Figure 4. Proximal regions of the lep gene in H. sapiens. The figure shown depicts a region of H. sapiens chromosome 7 (126.0 to 129.4 Mb), for which the blue arrows indicate the orientation
of genes along the chromosome. Arrows pointing to the right or left represent genes
expressed from the positive or negative DNA strand, respectively. The relative position
of the H. sapiens LEP gene is shown with red labeling. The black areas along the chromosome represent regions
of co-linearity between H. sapiens and A. cygnoides that are generally considered to be conserved. The figure shows no co-linear regions
near the LEP gene in H. sapiens. The dotted line represents A. cygnoides genes, which were distributed in different scaffolds, with the links determined based
on the existence of homologous genes in adjacent regions of the H. sapiens chromosome. Numbers in the dashed boxes represent the number of homologous links
of H. sapiens genes found in A. cygnoides (BLASTP: e value set to 1e-5). The gaps in the dashed line represent corresponding genes in H. sapiens that lacked homologous genes in A. cygnoides.

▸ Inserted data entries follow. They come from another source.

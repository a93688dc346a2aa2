//! Writes a capture: what is written can be read, and holds exactly the records that were given.
ghost use Rattle.std.specs.Prelude.{◌≡◌, ◌≢◌, IfOk, OnOk, Err, None, false};
ghost use Rattle.std.specs.Io.KnownBytes.{Appends, Keeps};
ghost use Rattle.csv.specs.Writing as Csv;
ghost use Rattle.capture9.specs.Fields.{greatest_limit};
ghost use Rattle.capture9.specs.Rows.{rows_within};
ghost use Rattle.capture9.specs.SomeText.{CanBeRows};
ghost use Rattle.convert9.specs.Spelled.{CanTake, IsBegun, IsSame, IsTaken, IsWritten, letter, spelled};

use crate::digits::hex_digit;
use capture9::{GREATEST_LIMIT, LineByte, Wire};
use csv::{Error, ErrorKind, Writer};
use itoa::Buffer;
use std::io::Write;
use std::marker::Model;

/// Why a record, or a capture, was not written.
#[derive(Clone, Copy, PartialEq, Eq)]
pub enum RowFault {
    /// A capture can't have this record: its time is below that of the record before, or has more than fifteen digits, or there are
    /// 4,294,967,294 already.
    NoRecord,
    /// The writer failed.
    Write,
    /// A growth of memory was refused.
    OutOfMemory,
}

/// The least time that a capture can't have, in microseconds: it has sixteen digits.
pub(crate) const TOO_LATE_US: u64 = 1_000_000_000_000_000;

/// A capture that is written record by record.
///
/// A contract sees it as what was written, how many records that are, and the time of the last.
#[derive(Drop)]
pub struct CaptureWriter<W: Write + Drop> {
    rows: Writer<W>,
    count: u32,
    last_us: u64,
    /// Whether a write failed: then a first part of a row may stand there, and no other follows.
    has_failed: bool,
}

impl<W: Write + Drop> Model for CaptureWriter<W> {
    ghost use Rattle.std.specs.Prelude.{◌≡◌, ◌≤◌, false};
    ghost use Rattle.csv.specs.Writing as Csv;
    ghost use Rattle.capture9.specs.Fields.{greatest_limit};
    ghost use Rattle.convert9.specs.Spelled.{Written};

    ghost Value = { Written };

    ghost view = { λ c. record {
      text = Csv.text_written W.contents c.rows;
      count = c.count;
      last_us = c.last_us;
    } };

    ghost invariant = { λ c. (c.count ≤ greatest_limit) × (c.has_failed ≡ false
        → (Csv.writer_setup c.rows ≡ Csv.default_writer) × (Csv.fields_written c.rows ≡ 0) × (Csv.has_written c.rows ≡ false)) };
}

impl<W: Write + Drop> CaptureWriter<W> {
    /// A capture without a record: writes the header.
    pub fn begin(writer: W) -> Result<CaptureWriter<W>, RowFault>
        ensures begun { IfOk result (IsBegun (W.contents writer)) }
        ensures none { result ≢ Err RowFault.NoRecord }
    {
        let mut rows = Writer::from_writer(writer);
        let fields = [
            b"time_us".as_slice(),
            b"wire".as_slice(),
            b"byte".as_slice(),
        ];
        match rows.write_fields(&fields) {
            Ok(()) => Ok(CaptureWriter {
                rows,
                count: 0,
                last_us: 0,
                has_failed: false,
            }),
            Err(e) => Err(fault_of(&e)),
        }
    }

    /// Writes a record.
    ///
    /// * `Err(NoRecord)` exactly where a capture can't have it: nothing is written.
    /// * `Err(Write)` and `Err(OutOfMemory)` where its row can't be written, or one before could not: a first part of it may be.
    pub fn put(&mut self, record: LineByte) -> Result<(), RowFault>
        ensures taken { OnOk result (CanTake self.old «record» × IsTaken self.old «record» self.new) }
        ensures none { result ≡ Err RowFault.NoRecord → (¬ (CanTake self.old «record»)) × (self.new ≡ self.old) }
    {
        if self.count >= GREATEST_LIMIT
            || record.time_us < self.last_us
            || record.time_us >= TOO_LATE_US
        {
            return Err(RowFault::NoRecord);
        }
        if self.has_failed {
            return Err(RowFault::Write);
        }
        match write_row(&mut self.rows, record) {
            Ok(()) => {
                self.count += 1;
                self.last_us = record.time_us;
                Ok(())
            }
            Err(e) => {
                self.has_failed = true;
                Err(fault_of(&e))
            }
        }
    }

    /// Hands on what the writer may still hold.
    pub fn flush(&mut self) -> Result<(), RowFault>
        ensures { IsSame self.old self.new }
    {
        match self.rows.flush() {
            Ok(()) => Ok(()),
            Err(e) => Err(fault_of(&e)),
        }
    }

    /// The writer, which has the whole capture.
    pub fn end(self) -> Result<W, RowFault>
        ensures text { IfOk result (λ writer. Keeps self.text (W.contents writer)) }
        ensures none { result ≢ Err RowFault.NoRecord }
    {
        match self.rows.into_inner() {
            Ok(writer) => Ok(writer),
            Err(_) => Err(RowFault::Write),
        }
    }
}

/// Writes the capture of these records, and answers the writer, which has it whole: a text without a fault, whose records are these.
///
/// `Err(NoRecord)` only where a capture can't have them.
pub fn write_capture<W: Write + Drop>(writer: W, records: &[LineByte]) -> Result<W, RowFault>
    ensures read { IfOk result (λ w. IsWritten records.now (W.contents writer) (W.contents w)) }
    ensures none { result ≡ Err RowFault.NoRecord → ¬ (CanBeRows greatest_limit (record { records = records.now; fault = None })) }
{
    let mut capture = CaptureWriter::begin(writer)?;
    for record in records {
        capture.put(*record)?;
    }
    capture.end()
}

/// Writes the row of a record.
fn write_row<W: Write + Drop>(rows: &mut Writer<W>, record: LineByte) -> Result<(), Error>
    requires plain { Csv.writer_setup rows.old ≡ Csv.default_writer }
    requires begun { (Csv.fields_written rows.old ≡ 0) × (Csv.has_written rows.old ≡ false) }
    ensures text { OnOk result (Appends (Csv.text_written W.contents rows.old) (Csv.text_written W.contents rows.new) (Csv.row_text Csv.default_writer (spelled «record»))) }
    ensures plain { OnOk result (Csv.writer_setup rows.new ≡ Csv.default_writer) }
    ensures begun { OnOk result ((Csv.fields_written rows.new ≡ 0) × (Csv.has_written rows.new ≡ false)) }
{
    let mut time = Buffer::new();
    let byte = [hex_digit(record.byte / 16), hex_digit(record.byte % 16)];
    let wire = letter(record.wire);
    rows.write_fields(&[time.format(record.time_us).as_bytes(), &wire, &byte])
}

/// The letter of a wire.
fn letter(wire: Wire) -> [u8; 1]
    ensures { result ≡ letter wire }
{
    match wire {
        Wire::Controller => *b"C",
        Wire::Deck => *b"D",
    }
}

/// What an error of writing rows comes to.
fn fault_of(e: &Error) -> RowFault
    ensures { result ≢ RowFault.NoRecord }
{
    match e.kind() {
        ErrorKind::OutOfMemory => RowFault::OutOfMemory,
        _ => RowFault::Write,
    }
}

The diagram shows that during the evolutionary divergence of H. sapiens and A. cygnoides, genomic fragments near the lep gene may have been deleted from the goose genome, with the lep gene excluded from further replication as a result.

Results from previous studies have shown that the toxic and damaging effects of saturated
fatty acids (SFAs) in the liver are significantly stronger than those of monounsaturated
fatty acids (MUFAs) 38],39]. The implication of these findings is that the physiological transformation of SFA
into MUFA by scd enzymes could alleviate the toxic effects of excessive liver exposure to SFA. Furthermore,
the results of some studies have indicated that ob/ob mice (lep-deficient model mice) readily develop hepatic steatosis, but do not show spontaneous
progression to steatohepatitis or liver fibrosis 40],41] because leptin is an essential mediator of hepatic fibrogenesis 41],42]. We therefore hypothesize that deletions of the goose lep gene may result from positive selection, thus allowing the liver to adapt energy
storage mechanisms for long-distance migration, as observed in other wild birds 43]. In addition, our results indicated that microRNAs are closely related to goose liver
lipid metabolism in that multiple genes related to lipid synthesis or transport (lpl, fads1, pfkm, mdh1, pksG, fatp, acly, scd, cs, and elovl1) are regulated by single or multiple microRNAs (Additional file 1: Table S24), although this requires further verification.